Each actor has his or her own process that must be honored. A director’s job is much like the job of an interpreter; a good director is always asking herself how best to communicate to each actor on the stage. With any art form, there is no one-size-fits-all philosophy and this is especially true for Theater. The task of the director is to help each performer find his or her individualized acting method, one that can grow and evolve just as humans continue to grow and evolve through their lifetime. I am well versed in a variety of acting techniques, such as Stanislavsky, Spolin, Bogart and Meisner and the teachings of these master teachers are the foundation of my Acting classes. However, I don’t rely on just one single school of thought when teaching acting or working with actors in a play. Instead, I refer often to the actor’s toolbox – an arsenal of techniques that each actor must develop and have at his or her disposal. Only by knowing the many approaches of the master acting teachers and the history of how the study of acting has evolved, can a student choose what is right for him or her as a performer and an artist. My goal as a teacher is to help each student develop his or her own actor’s toolbox so that each actor has possibilities from which to choose. This to me, shows the utmost respect, not just for actors and their own artistic and creative processes, but for the art of acting itself.

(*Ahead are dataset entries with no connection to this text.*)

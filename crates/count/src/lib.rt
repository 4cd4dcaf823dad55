// How many locations the tree of some rules has, counted before a cell is taken. This crate keeps no words and changes none but the scratch that it is lent.
#![tactic(auto)]

ghost use Rattle.std.specs.Prelude.{◌≡◌, ◌+◌, ◌≤◌, min, take};
ghost use Rattle.model.specs.Rules.{cells};
ghost use Rattle.rows.specs.Rows.{tree_at, Scratch};

use rows::Rows;

// The number of locations of the tree of the rules whose rows begin at the first n numbers of sets, over left fields from field on; room + 1 where they are more than room. It stops as soon as they are: a tree of 64 rules can have hundreds of millions of locations. The ends of a field are gone through from the highest down: those that are still to come keep their places, and the scratch behind them is lent on. It calls itself, and the number of fields left falls.
pub fn count_chain(
    rows: &Rows,
    sets: &mut [u16],
    n: usize,
    field: u32,
    left: u32,
    room: u32,
    ends: &mut [u32],
) -> u32
    requires { Scratch n left sets.old ends.old × (field + left ≤ 64) × (room ≤ 65536) }
    ensures { result ≡ min (cells (tree_at rows.now field left (take n sets.old))) (room + 1) }
{
    if left == 0 {
        return 0;
    }
    let set = &sets[..n];
    let e = rows.high(rows::first_place(set), field);
    // Where all rules have one range from 0, the chain has one location, with the same rules under it.
    if rows.flat(set, field, e) {
        if room == 0 || left == 1 {
            return 1;
        }
        return 1 + count_chain(rows, sets, n, field + 1, left - 1, room - 1, ends);
    }
    let many = rows.ends_of(set, field, ends);
    // In the last field nothing is under a location.
    if left == 1 {
        return many.min(room as usize + 1) as u32;
    }
    let mut count = 0;
    for i in (0..many).rev() {
        if room <= count {
            return room + 1;
        }
        let spare = room - 1 - count;
        let m = rows.narrow(sets, n, field, ends[i]);
        let below = count_chain(
            rows,
            &mut sets[n..],
            m,
            field + 1,
            left - 1,
            spare,
            &mut ends[i..],
        );
        count += 1 + below;
    }
    count
}
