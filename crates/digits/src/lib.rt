// Numbers as the programs are told them.
#![tactic(auto)]

ghost use Rattle.std.specs.Prelude.{◌≤◌, length, IfSome};
ghost use Rattle.std.specs.Option.{SomeIff};
ghost use Rattle.std.specs.Str.Parse.{IsNumeral, digits_value};

// The number that one to five decimal digits stand for, up to 65535. Zeros may stand in front. Not by `parse`, which takes a sign and any
// number of zeros.
pub fn decimal(digits: &[u8]) -> Option<usize>
    ensures value { SomeIff result
        (IsNumeral 10 digits.now × (length digits.now ≤ 5) × (digits_value 10 digits.now ≤ 65535))
        (digits_value 10 digits.now) }
    ensures bound { IfSome result (λ value. value ≤ 65535) }
{
    if digits.is_empty() || 5 < digits.len() {
        return None;
    }
    let mut value = 0u16;
    for digit in digits {
        let ones = char::from(*digit).to_digit(10)? as u16;
        value = value.checked_mul(10)?.checked_add(ones)?;
    }
    Some(usize::from(value))
}
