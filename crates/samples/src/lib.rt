//! Worked examples of condition texts, as theorems. A function here computes nothing: its contract is
//! what is proved.

#![tactic(auto)]

ghost use Rattle.samples.specs.Conditions.{ConditionSamples};

pub fn condition_samples()
    ensures { ConditionSamples }
{}
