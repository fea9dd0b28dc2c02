ghost use Rattle.std.specs.Prelude.{◌+◌};
ghost use Rattle.partners.specs.Layers.{routed};

use super::Router;
use crate::partner::{Partner, Reply};
use values::container::Container;

impl<A: Partner, B: Partner> Partner for Router<A, B> {
    ghost answers = { λ s. routed s.border (A.Partner.answers s.first) (B.Partner.answers s.second) };

    ghost busy = { λ s. A.Partner.busy s.first + B.Partner.busy s.second };

    fn call(&mut self, operation: u16, input: &Container, output: &mut Container) -> Reply {
        if u32::from(operation) < self.border {
            self.first.call(operation, input, output)
        } else {
            self.second.call(operation, input, output)
        }
    }
}
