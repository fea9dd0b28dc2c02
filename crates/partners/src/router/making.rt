ghost use Rattle.partners.specs.Layers.{RouterMade};
ghost use Rattle.partners.specs.contracts.router.calls.RouterPartner.TheImpl.{ghosts as router_meaning};

use super::Router;
use crate::partner::Partner;

impl<A: Partner, B: Partner> Router<A, B> {
    /// The border is any number, also one above every operation.
    pub fn new(border: u32, first: A, second: B) -> Router<A, B>
        ensures { RouterMade A.Partner B.Partner (λ wiring. router_meaning A.row B.row A.Partner wiring B.Partner wiring) border first second result }
    {
        Router {
            border,
            first,
            second,
        }
    }
}
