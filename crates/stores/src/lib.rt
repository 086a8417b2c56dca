// No code: what is safe about site servers that keep each party's record as bytes, make the calls of yazhmandu on them and send messages.
#![tactic(auto)]
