// A waiting record: the client's word, the transaction and four parameters.
ghost use Rattle.std.specs.Prelude.{◌≡◌};
ghost use Rattle.queue.specs.Queue.{params_of};

// The records of a queue, and as many as may wait.
pub const QUEUE_SIZE: usize = 32;

pub const MOST_WAITING: u32 = QUEUE_SIZE as u32;

// The default one is of zeros, which stands for none.
#[derive(Clone, Copy, Debug, Default, PartialEq, Eq)]
pub struct Request {
    pub client: u32,
    pub transaction: u32,
    pub p0: u32,
    pub p1: u32,
    pub p2: u32,
    pub p3: u32,
}

// The four parameters, in order.
pub fn params(request: Request) -> [u32; 4]
    ensures { result ≡ params_of request }
{
    [request.p0, request.p1, request.p2, request.p3]
}
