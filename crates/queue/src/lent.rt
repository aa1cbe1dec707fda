// The lent queue: one record read, one record stored, the records that wait as plain words, and records of words stored back.
ghost use Rattle.std.specs.Prelude.{◌≡◌, min, set};
ghost use Rattle.queue.specs.Queue.{record_at, queue_size};
ghost use Rattle.queue.specs.Words.{stored_first, stored_back};

use crate::record::{MOST_WAITING, Request};
use crate::words::{QUEUE_WORDS, record_in, store_in};

// The record at a place; past the end the one of zeros.
pub fn load(queue: &[Request], at: usize) -> Request
    ensures { result ≡ record_at queue.now at }
{
    queue.get(at).copied().unwrap_or_default()
}

// Stores a record at a place; past the end nothing changes.
pub fn store(queue: &mut [Request], at: usize, request: Request)
    ensures { queue.new ≡ set queue.old at request }
{
    // No `get_mut`: of a slice written through it a proof knows the length alone.
    if at < queue.len() {
        queue[at] = request;
    }
}

// How many records wait in a queue of 32, whatever number is said to wait.
pub fn bounded_waiting(waiting: u32) -> usize
    ensures { result ≡ min waiting queue_size }
{
    waiting.min(MOST_WAITING) as usize
}

// The words of the records that wait, and zeros behind them. The other records are not read.
#[tactic(auto, using(crate::proofs::Copying::copying))]
pub fn copied(queue: &[Request], waiting: u32) -> [u32; QUEUE_WORDS]
    ensures { result ≡ stored_first waiting queue.now }
{
    let mut row = [0; QUEUE_WORDS];
    for at in 0..bounded_waiting(waiting) {
        store_in(&mut row, at, load(queue, at));
    }
    row
}

// Stores the records of these words at the places from `from` up to `end` back into the queue; at no place past the 32nd.
#[tactic(auto, using(crate::proofs::StoringBack::storing_back))]
pub fn store_back(queue: &mut [Request], row: [u32; QUEUE_WORDS], from: usize, end: u32)
    ensures { queue.new ≡ stored_back queue.old row from end }
{
    for at in from..bounded_waiting(end) {
        store(queue, at, record_in(&row, at));
    }
}
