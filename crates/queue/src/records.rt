// The records that wait in a queue of words, one after another.
// `#[inline(always)]`: these are small and run in inner loops.
ghost use Rattle.std.specs.Prelude.{◌≡◌, ◌≤◌, take};
ghost use Rattle.std.specs.Iterator.{YieldsFirst, item_count};
ghost use Rattle.queue.specs.Queue.{queue_size};
ghost use Rattle.queue.specs.Words.{records_in};
ghost use Rattle.queue.specs.Waiting.{the_waiting};

use crate::record::Request;
use crate::waiting::Waiting;
use crate::words::record_in;

impl<'a> Iterator for Waiting<'a> {
    type Item = Request;

    ghost next_gives = { YieldsFirst the_waiting };

    ghost remaining = { item_count the_waiting };

    #[tactic(auto, using(crate::proofs::WaitingRecords::waiting_here, crate::proofs::WaitingRecords::waiting_past))]
    #[inline(always)]
    fn next(&mut self) -> Option<Request> {
        let at = self.next;
        if self.end <= at {
            return None;
        }
        self.next = at + 1;
        Some(record_in(self.row, at))
    }
}

// The first `count` records of the row, in order.
pub fn waiting_records(row: &[u32], count: usize) -> Waiting<'_>
    requires { count ≤ queue_size }
    ensures { the_waiting result ≡ take count (records_in row.now) }
{
    Waiting {
        row,
        next: 0,
        end: count,
    }
}
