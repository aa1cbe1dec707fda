// The first records of a queue of words, those that are left.
ghost use Rattle.std.specs.Prelude.{◌≤◌};
ghost use Rattle.queue.specs.Queue.{queue_size};

#[derive(Clone, Copy)]
pub struct Waiting<'a> {
    pub row: &'a [u32],
    pub next: usize,
    pub end: usize,
    ghost few: { end ≤ queue_size },
}
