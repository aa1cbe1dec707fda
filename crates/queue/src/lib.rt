// The queue of waiting requests, as a lent slice of records and as plain words. These functions alone touch the slice; all else is
// reckoned on the words.
#![tactic(auto)]

mod lent;
mod record;
mod records;
mod waiting;
mod words;

pub use lent::{copied, store_back};
pub use record::{MOST_WAITING, QUEUE_SIZE, Request, params};
pub use records::waiting_records;
pub use waiting::Waiting;
pub use words::{QUEUE_WORDS, insert_in, record_in, words_of};
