// The queue as plain words, six a record: one record read, one stored, one put in before others, and how many words a queue of some
// length has.
// `#[inline(always)]`: these are small and run in inner loops.
ghost use Rattle.std.specs.Prelude.{◌≡◌, ◌<◌, ◌+◌, ◌≤◌, length, get_or, take};
ghost use Rattle.std.specs.List.{insert};
ghost use Rattle.lists.specs.Lists.{overwritten};
ghost use Rattle.queue.specs.Queue.{queue_size};
ghost use Rattle.queue.specs.Words.{record_in, records_in, words_of, over_record, stored_in, record_size, queue_words};

use crate::record::{QUEUE_SIZE, Request};

// The words of a record, and of a queue.
const RECORD_SIZE: usize = 6;

pub const QUEUE_WORDS: usize = RECORD_SIZE * QUEUE_SIZE;

// The record at a place; words past the end are read as 0.
#[inline(always)]
pub fn record_in(row: &[u32], at: usize) -> Request
    requires { at < queue_size }
    ensures { result ≡ record_in row.now at }
{
    let first = at * RECORD_SIZE;
    let word = |k: usize| row.get(first + k).copied().unwrap_or(0);
    Request {
        client: word(0),
        transaction: word(1),
        p0: word(2),
        p1: word(3),
        p2: word(4),
        p3: word(5),
    }
}

// The words of a queue of this length: 192 of 32 records, and none of any other.
pub fn words_of(size: usize) -> usize
    ensures { result ≡ words_of size }
{
    if size == QUEUE_SIZE { QUEUE_WORDS } else { 0 }
}

// Writes the six words of a record from word i on.
#[tactic(auto, using(crate::proofs::Rows::words_stored))]
fn write_record(row: &mut [u32], i: usize, request: Request)
    requires record_size_bound { i + record_size ≤ queue_words }
    requires row_len { length row.old ≡ queue_words }
    ensures { row.new ≡ over_record row.old i request }
{
    let words = [
        request.client,
        request.transaction,
        request.p0,
        request.p1,
        request.p2,
        request.p3,
    ];
    row[i..i + RECORD_SIZE].copy_from_slice(&words);
}

// Stores a record at a place of a row; past its end, or in what is no row, nothing changes.
#[tactic(auto, unfolding(crate::specs::Words::stored_in))]
pub fn store_in(row: &mut [u32], at: usize, request: Request)
    ensures { row.new ≡ stored_in row.old at request }
{
    if row.len() == QUEUE_WORDS && at < QUEUE_SIZE {
        write_record(row, at * RECORD_SIZE, request);
    }
}

// Puts a record in at a place of a row: those from there up to place `waiting` move up by one, and the record at place `waiting` is
// overwritten.
#[tactic(auto, using(crate::proofs::Inserting::inserted_record))]
pub fn insert_in(row: &mut [u32], place: usize, waiting: usize, request: Request)
    requires { (place ≤ waiting) × (waiting < queue_size) × (length row.old ≡ queue_words) }
    ensures { records_in row.new ≡ overwritten (insert (take waiting (records_in row.old)) place request)
        (records_in row.old) }
{
    row.copy_within(
        place * RECORD_SIZE..waiting * RECORD_SIZE,
        (place + 1) * RECORD_SIZE,
    );
    store_in(row, place, request);
}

Because I work with young people, I am constantly reminded of the revelations that can happen in a safe and encouraging creative environment. Student actors, technicians and designers who feel supported, but still challenged, in the classroom, behind the scenes or on the stage are able to make wonderful discoveries about themselves, their classmates and the art and craft of theater. This commitment to the act of discovery is vitally important in the classroom setting as well as during the rehearsal process and subsequent performances. Acting is reacting and each moment on stage can remain fresh and new if each moment is approached as a discovery. I often ask my students, “who is the most important person on the stage?” The answer to that question is always “your acting partner.” By developing relationships on the stage and “looking to your partner” for your motivation and your own personal development, actors can transcend themselves and discover their characters, their relationships and the text itself. The same holds true for student technicians and designers - every moment of creation can be a discovery and by working together great discoveries can be made.


All of the arts are transformative, but the art of Theater has a special ability to bring people together, to educate, to enlighten and to help us evolve as people and communities. Whether a student of mine plans to pursue a career in Theater or not, I want him or her to be a strong supporter of the arts. I want all of my students to experience the transformative power of Theater, personally and within their community. Nothing brings people together like the act of putting on a play; an experience that every young person should have. Theater makes us more enlightened, helps us understand ourselves and others; teaches us to work together and raises us to high standards of achievement. There is nothing that compares to it and there is no substitute. When a student of mine is able to see and articulate connections between Theater, Art, themselves and their community and to use those connections to enhance their lives, I know I have done my job and done it well.